Maître de Conférences Section CNU : 66 (english see below)
Profil de publication: Physiologie/Biologie cellulaire Vacant au 02/09/2014
Profil enseignement :
Filières de formation concernées : UFR STB- Département Biologie Végétale- Génétique et Microbiologie – Licence Sciences du Vivant, Master (Forêt, Agronomie, Génie de l’environnement, spécialité Biologie des interactions plantes-environnement) et BioMANE (Biotechnologies, microbiologie, aliment, nutrition, environnement) (L1/L2/L3, M1 et M2).La personne recrutée devra s’intégrer dans des enseignements de Physiologie et Biologie Végétale déjà existants et devra aussi s’impliquer dans des enseignements de biologie cellulaire.
Mots-clés enseignement : Physiologie végétale, Biologie cellulaire
Profil recherche :
Le travail de recherche de la personne recrutée s’effectuera au sein de l’UMR 1136 INRA/UL « Interactions arbres/Microorganismes ». Il/Elle s’intégrera dans l’équipe « Réponses aux stress et régulation redox ». Il/Elle travaillera notamment (i) sur l’étude des processus de détoxication intracellulaire et/ou (ii) sur les mécanismes d’adaptation des champignons forestiers à leur environnement. Des compétences fortes en physiologie et/ou biologie cellulaire sont requises pour mener à bien ce projet. Des compétences en biochimie seraient un atout.
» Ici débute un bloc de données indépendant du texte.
ghost use Rattle.std.specs.Prelude.{◌≡◌, ◌^◌, ◌<◌, ◌≤◌};

use crate::{FIRST_XID, SECTIONS_MAX};
use std::marker::Model;

/// A session's number in its scenario, from 1 to 256.
#[derive(Clone, Copy, PartialEq, Eq, PartialOrd)]
pub struct SessionNo {
    number: u32,
}

impl Model for SessionNo {
    ghost use Rattle.std.specs.Prelude.{ℕ, ◌≤◌};
    ghost use Rattle.pgn_base.specs.declared.limits.TheConstants.{SECTIONS_MAX};

    ghost Value = { ℕ };

    ghost view = { λ session. session.number };

    ghost invariant = { λ session. (1 ≤ session.number) × (session.number ≤ SECTIONS_MAX) };

    ghost inverse = { λ n. record { number = n } };
}

impl SessionNo {
    pub fn new(n: u32) -> Self
        requires positive { 1 ≤ n }
        requires within { n ≤ SECTIONS_MAX }
        ensures { result ≡ n }
    {
        SessionNo { number: n }
    }

    pub fn get(&self) -> u32
        ensures value { result ≡ self.now }
        ensures positive { 1 ≤ self.now }
        ensures within { self.now ≤ SECTIONS_MAX }
    {
        self.number
    }
}

/// The number of a database, from 1 to 4,294,967,295.
#[derive(Clone, Copy, PartialEq, Eq)]
pub struct DbOid {
    number: u32,
}

impl Model for DbOid {
    ghost use Rattle.std.specs.Prelude.{ℕ, ◌^◌, ◌<◌, ◌≤◌};

    ghost Value = { ℕ };

    ghost view = { λ db. db.number };

    ghost invariant = { λ db. (1 ≤ db.number) × (db.number < 2 ^ 32) };

    ghost inverse = { λ n. record { number = n } };
}

impl DbOid {
    pub fn new(n: u32) -> Self
        requires { 1 ≤ n }
        ensures { result ≡ n }
    {
        DbOid { number: n }
    }

    pub fn get(&self) -> u32
        ensures value { result ≡ self.now }
        ensures positive { 1 ≤ self.now }
        ensures within { self.now < 2 ^ 32 }
    {
        self.number
    }
}

/// A transaction number. The first that a run draws is 3, and entry k of the journal, from 0, has 3 + k. As a mark or a bound it
/// stands for "below this number".
#[derive(Clone, Copy, PartialEq, Eq, PartialOrd)]
pub struct Xid {
    number: u32,
}

impl Model for Xid {
    ghost use Rattle.std.specs.Prelude.{ℕ, ◌^◌, ◌<◌, ◌≤◌};
    ghost use Rattle.pgn_base.specs.declared.limits.TheConstants.{FIRST_XID};

    ghost Value = { ℕ };

    ghost view = { λ xid. xid.number };

    ghost invariant = { λ xid. (FIRST_XID ≤ xid.number) × (xid.number < 2 ^ 32) };

    ghost inverse = { λ n. record { number = n } };
}

impl Xid {
    pub fn new(n: u32) -> Self
        requires { FIRST_XID ≤ n }
        ensures { result ≡ n }
    {
        Xid { number: n }
    }

    pub fn get(&self) -> u32
        ensures value { result ≡ self.now }
        ensures first { FIRST_XID ≤ self.now }
        ensures within { self.now < 2 ^ 32 }
    {
        self.number
    }
}
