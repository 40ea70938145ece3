ghost use Rattle.std.specs.Prelude.{◌≡◌};
ghost use Rattle.pgn_base.specs.Channels.{channel_of};

use crate::{Name, Seq};

/// What a transaction does to the listening set of its session.
pub enum Action {
    Listen(Name),
    Unlisten(Name),
    UnlistenAll,
}

// Written out, so that this crate proves it once for all that drop one.
impl Drop for Action {
    fn drop(self) {
        match self {
            Action::Listen(name) | Action::Unlisten(name) => drop(name),
            Action::UnlistenAll => {}
        }
    }
}

impl Action {
    /// The channel that is listened to or left, if it is one alone.
    pub fn into_channel(self) -> Option<Name>
        ensures { result ≡ channel_of self }
    {
        match self {
            Action::Listen(name) | Action::Unlisten(name) => Some(name),
            Action::UnlistenAll => None,
        }
    }
}

pub type Actions = Seq<Action>;
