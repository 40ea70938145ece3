ghost use Rattle.std.specs.Prelude.{◌≡◌, ◌<◌, ◌≤◌, ◌⊎◌, List, ℕ, Option, length, IfOk, OnErr};
ghost use Rattle.std.specs.Io.KnownBytes.{WriteAppends};
ghost use Rattle.pgn_base.specs.Outside.{HasCause, Rose, Writes};

use crate::Failed;

/// Where bytes go to.
pub trait Sink {
    /// The bytes written to it, where it tells them.
    ghost held: { Self → Option (List ℕ) };

    /// How often a write has failed. It never falls, and stands still at 2^64 - 1.
    ghost faults: { Self → ℕ };

    /// Writes a prefix of `piece`, and says how many bytes. 0 for a piece that is not empty is a fault too, and is counted.
    fn write(&mut self, piece: &[u8]) -> Result<usize, Failed>
        ensures within { IfOk result (λ n. n ≤ length piece.now) }
        ensures bytes { WriteAppends (held self.old) (held self.new) result piece.now }
        ensures later { faults self.old ≤ faults self.new }
        ensures failed { OnErr result (Rose (faults self.old) (faults self.new)) }
        ensures zero { IfOk result (λ n. n ≡ 0 → 0 < length piece.now
            → Rose (faults self.old) (faults self.new)) }
        ensures took { IfOk result (λ n. (0 < n) ⊎ (length piece.now ≡ 0)
            → faults self.new ≡ faults self.old) };
}

/// Writes a whole piece, in as many writes as the sink takes. Where it fails, a prefix of the piece is written.
pub fn write_all<K: Sink>(sink: &mut K, piece: &[u8]) -> Result<(), Failed>
    ensures bytes { Writes (K.held sink.old) (K.held sink.new) result piece.now }
    ensures cause { HasCause (K.faults sink.old) (K.faults sink.new) result }
{
    let mut rest = piece;
    while !rest.is_empty() {
        let n = sink.write(rest)?;
        if n == 0 {
            return Err(Failed);
        }
        rest = &rest[n..];
    }
    Ok(())
}
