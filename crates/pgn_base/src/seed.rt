ghost use Rattle.std.specs.Prelude.{◌≡◌, ◌+◌, ◌<◌, ◌≤◌, length};
ghost use Rattle.pgn_base.specs.Hashes.{first_hasher, joined_product, mixed, word_at, last_word, written, hash_of};

use std::hash::{BuildHasher, Hasher};

/// What the hashes of a run are made with, so that nobody who does not know it can choose names whose hashes are equal. It makes the
/// hasher of each map and set that is given it. No output depends on it: all of these go in the order in which things were put in.
#[derive(Clone, Copy)]
pub struct Seed {
    first: SeededHasher,
}

/// A hasher that mixes each word into its state by a multiplication of 64 to 128 bits, of which it joins the halves. Both its first
/// state and its multiplier come from the seed. Where the multiplier was known, a word equal to it could be put where a product is
/// to be zero, and what stood before would be lost.
#[derive(Clone, Copy)]
pub struct SeededHasher {
    state: u64,
    multiplier: u64,
}

impl Seed {
    /// The seed of 16 bytes, which should be random.
    pub fn new(bytes: [u8; 16]) -> Seed {
        let keys = u128::from_le_bytes(bytes);
        Seed::of_keys((keys & 0xFFFF_FFFF_FFFF_FFFF) as u64, (keys >> 64) as u64)
    }

    /// A seed that everybody knows, for tests, and for a run that was given no random bytes.
    pub fn fixed() -> Seed {
        Seed::of_keys(0x6a09_e667_f3bc_c908, 0xbb67_ae85_84ca_a73b)
    }

    // Of an odd multiplier no two words have one product.
    fn of_keys(state: u64, multiplier: u64) -> Seed {
        Seed {
            first: SeededHasher {
                state,
                multiplier: multiplier | 1,
            },
        }
    }
}

impl BuildHasher for Seed {
    type Hasher = SeededHasher;

    ghost build_hasher = { first_hasher };

    fn build_hasher(&self) -> SeededHasher {
        self.first
    }
}

impl Hasher for SeededHasher {
    ghost write = { written };

    ghost finish = { hash_of };

    fn finish(&self) -> u64 {
        self.state
    }

    fn write(&mut self, bytes: &[u8]) {
        let mut state = self.state;
        let mut at = 0;
        while bytes.len() - at >= 8 {
            state = mixed(self.multiplier, state, word_at(bytes, at));
            at += 8;
        }
        self.state = mixed(self.multiplier, state, last_word(bytes, at));
    }
}

// A state with one more word.
fn mixed(multiplier: u64, state: u64, word: u64) -> u64
    ensures { result ≡ mixed multiplier state word }
{
    joined_product(state ^ word, multiplier)
}

// The two halves of a product of 128 bits, joined by xor.
fn joined_product(a: u64, b: u64) -> u64
    ensures { result ≡ joined_product a b }
{
    let product = a as u128 * b as u128;
    (product & 0xFFFF_FFFF_FFFF_FFFF) as u64 ^ (product >> 64) as u64
}

// Eight bytes as a word, the lowest first.
fn word_at(bytes: &[u8], at: usize) -> u64
    requires { at + 8 ≤ length bytes.now }
    ensures { result ≡ word_at bytes.now at }
{
    u64::from_le_bytes([
        bytes[at],
        bytes[at + 1],
        bytes[at + 2],
        bytes[at + 3],
        bytes[at + 4],
        bytes[at + 5],
        bytes[at + 6],
        bytes[at + 7],
    ])
}

// The fewer than eight bytes that are left as a word, with how many bytes there were as its highest byte. Bytes may be read twice.
fn last_word(bytes: &[u8], at: usize) -> u64
    requires within { at ≤ length bytes.now }
    requires few { length bytes.now < at + 8 }
    ensures { result ≡ last_word bytes.now at }
{
    let len = bytes.len();
    let left = len - at;
    let count = (len % 256) as u8;
    if left >= 4 {
        u64::from_le_bytes([
            bytes[at],
            bytes[at + 1],
            bytes[at + 2],
            bytes[at + 3],
            bytes[len - 3],
            bytes[len - 2],
            bytes[len - 1],
            count,
        ])
    } else if left > 0 {
        u64::from_le_bytes([
            bytes[at],
            bytes[at + left / 2],
            bytes[len - 1],
            0,
            0,
            0,
            0,
            count,
        ])
    } else {
        u64::from_le_bytes([0, 0, 0, 0, 0, 0, 0, count])
    }
}
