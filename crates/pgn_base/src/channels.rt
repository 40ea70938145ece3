ghost use Rattle.std.specs.Prelude.{◌≡◌, ◌<◌};
ghost use Rattle.pgn_base.specs.Interest.{channel_bit};
ghost use Rattle.pgn_base.specs.declared.channels.TheConstants.{CHANNEL_BITS};

/// A channel has one of so many bits.
pub const CHANNEL_BITS: usize = 64;

/// The bit of a channel, from 0 to 63: the sum of its bytes, in as many bits as there are. It takes no memory.
pub fn channel_bit(channel: &[u8]) -> u64
    ensures value { result ≡ channel_bit channel.now }
    ensures within { result < CHANNEL_BITS }
{
    let mut sum = 0;
    for byte in channel {
        sum = (sum + u64::from(*byte)) % CHANNEL_BITS as u64;
    }
    sum
}
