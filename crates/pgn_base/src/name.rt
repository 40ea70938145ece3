ghost use Rattle.std.specs.Prelude.{◌≡◌, ◌<◌, ◌≤◌, ◌↔◌, [], ◌∷◌, length, Contains, IfOk, OnErr, OnOk, IsErrOf, bytes_eq, string_bytes};
ghost use Rattle.std.proofs.Common.{rules};
ghost use Rattle.std.specs.Cmp.{partial_equiv_from_equiv};
ghost use Rattle.std.specs.Cmp.Lexicographic.{nat_list_eq_equiv};
ghost use Rattle.std.specs.Cmp.Rules.{hashing};
ghost use Rattle.pgn_base.specs.Texts.{IsName};
ghost use Rattle.pgn_base.specs.declared.text.TheConstants.{TEXT_BYTES_IN_PLACE};

use crate::text::has_nul;
use crate::{Copied, NAME_BYTES_MAX, Seq, Text};
use std::alloc::{AllocError, Global};
use std::hash::{Hash, Hasher};
use std::marker::Model;

/// A channel's, a savepoint's, a section's or a flag's name: 1 to 63 bytes of UTF-8 without a zero byte. Contracts see its bytes.
pub struct Name {
    text: Text,
}

// Written out, so that this crate proves it once for all that drop one.
impl Drop for Name {
    fn drop(self) {
        let Name { text: _ } = self;
    }
}

pub type Names = Seq<Name>;

/// Why a text is no name, or why it was not kept as one.
#[derive(Clone, Copy)]
pub enum NameFault {
    Empty,
    TooLong,
    Nul,
    Memory,
}

impl Model for Name {
    ghost use Rattle.std.specs.Prelude.{List, ℕ};
    ghost use Rattle.pgn_base.specs.Texts.{IsName};

    ghost Value = { List ℕ };

    ghost view = { λ name. name.text };

    ghost invariant = { λ name. IsName name.text };
}

impl Name {
    /// The name of this text. The faults are tested in the order of `NameFault`, so that a long text with a zero byte is too long.
    /// A text of at most 22 bytes takes no memory.
    pub fn new(alloc: Global, text: &str) -> Result<Name, NameFault>
        ensures ok { IfOk result (λ name. name ≡ text.now) }
        ensures empty { IsErrOf result NameFault.Empty ↔ (text.now ≡ []) }
        ensures too_long { IsErrOf result NameFault.TooLong ↔ (NAME_BYTES_MAX < length text.now) }
        ensures nul { IsErrOf result NameFault.Nul
            ↔ ((length text.now ≤ NAME_BYTES_MAX) × Contains text.now 0) }
        ensures memory { IsErrOf result NameFault.Memory → TEXT_BYTES_IN_PLACE < length text.now }
    {
        test(text)?;
        match Text::new(alloc, text) {
            Ok(text) => Ok(Name { text }),
            Err(AllocError) => Err(NameFault::Memory),
        }
    }

    /// The name of this string, with the faults of `new`. A text of more than 22 bytes keeps the string's memory and is not
    /// copied.
    pub fn from_string(text: String) -> Result<Name, NameFault>
        ensures ok { IfOk result (λ name. name ≡ string_bytes text) }
        ensures empty { IsErrOf result NameFault.Empty ↔ (string_bytes text ≡ []) }
        ensures too_long { IsErrOf result NameFault.TooLong
            ↔ (NAME_BYTES_MAX < length (string_bytes text)) }
        ensures nul { IsErrOf result NameFault.Nul
            ↔ ((length (string_bytes text) ≤ NAME_BYTES_MAX) × Contains (string_bytes text) 0) }
        ensures memory { IsErrOf result NameFault.Memory
            → TEXT_BYTES_IN_PLACE < length (string_bytes text) }
    {
        if let Err(fault) = test(text.as_str()) {
            drop(text);
            return Err(fault);
        }
        match Text::from_string(text) {
            Ok(text) => Ok(Name { text }),
            Err(AllocError) => Err(NameFault::Memory),
        }
    }

    /// The name of a text that is one. It fails for want of memory only, which a text of at most 22 bytes does not take.
    pub fn of_valid(alloc: Global, text: &str) -> Result<Name, AllocError>
        requires { IsName text.now }
        ensures ok { IfOk result (λ name. name ≡ text.now) }
        ensures memory { OnErr result (TEXT_BYTES_IN_PLACE < length text.now) }
    {
        let text = Text::new(alloc, text)?;
        Ok(Name { text })
    }

    /// The name of a string that is one, whose memory it keeps as `from_string` does. It fails for want of memory only.
    pub fn of_valid_string(text: String) -> Result<Name, AllocError>
        requires { IsName (string_bytes text) }
        ensures ok { IfOk result (λ name. name ≡ string_bytes text) }
        ensures memory { OnErr result (TEXT_BYTES_IN_PLACE < length (string_bytes text)) }
    {
        let text = Text::from_string(text)?;
        Ok(Name { text })
    }

    pub fn as_bytes(&self) -> &[u8]
        ensures value { result.now ≡ self.now }
        ensures valid { IsName self.now }
    {
        self.text.as_bytes()
    }
}

// The first fault of a text as a name, but for want of memory.
fn test(text: &str) -> Result<(), NameFault>
    ensures ok { OnOk result (IsName text.now) }
    ensures empty { IsErrOf result NameFault.Empty ↔ (text.now ≡ []) }
    ensures too_long { IsErrOf result NameFault.TooLong ↔ (NAME_BYTES_MAX < length text.now) }
    ensures nul { IsErrOf result NameFault.Nul
        ↔ ((length text.now ≤ NAME_BYTES_MAX) × Contains text.now 0) }
    ensures memory { ¬ IsErrOf result NameFault.Memory }
{
    if text.is_empty() {
        return Err(NameFault::Empty);
    }
    if text.len() > NAME_BYTES_MAX {
        return Err(NameFault::TooLong);
    }
    if has_nul(text.as_bytes()) {
        return Err(NameFault::Nul);
    }
    Ok(())
}

impl Copied for Name {
    fn copy(&self, alloc: Global) -> Result<Self, AllocError> {
        let text = self.text.copy(alloc)?;
        Ok(Name { text })
    }
}

impl PartialEq for Name {
    ghost eq = { bytes_eq };

    ghost laws = { partial_equiv_from_equiv nat_list_eq_equiv };

    fn eq(&self, other: &Name) -> bool {
        self.as_bytes() == other.as_bytes()
    }
}

impl Eq for Name {
    ghost laws = { nat_list_eq_equiv };
}

impl Hash for Name {
    ghost hash_input = { λ name. name ∷ [] };

    ghost respects_eq = { Prim.search (hashing, rules) };

    fn hash<H: Hasher>(&self, state: &mut H) {
        state.write(self.as_bytes());
    }
}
Mots-clés recherche : Champignons, Biologie cellulaire, protéines, interactions, arbre
Research:
The research program at the interface between theme 1 and theme 2 aims at studying the mechanisms of fungal adaptation to their environment focusing on the lignin decaying fungi. The mechanisms and the gene networks involved in this adaptation could be mainly due to extension/contraction of gene families in particular those involved in stress response. Among these gene families, our preliminary data on the GSTome performed on the wood decaying fungus Phanerochaete chrysosporium revealed that duplications have been followed in all investigated cases (>15 isoforms) by neo-functionnalisation processes leading to different specificities/activities in the various investigated enzymes. Furthermore, beside the classical genes involved in stress responses, we have highlighted the induction of genes coding for small secreted proteins (SSP) in response to oak extractives. These small proteins do not exhibit any homology with sequences available in the databases. A clear relationship has been observed between wood specificity and secretion of such proteins.
Besides these examples, comparative genomic analyses at inter and intra species level are underway to identify expanded new detoxification or signalling families involved in the adaptation to the degradation of various recalcitrant compounds.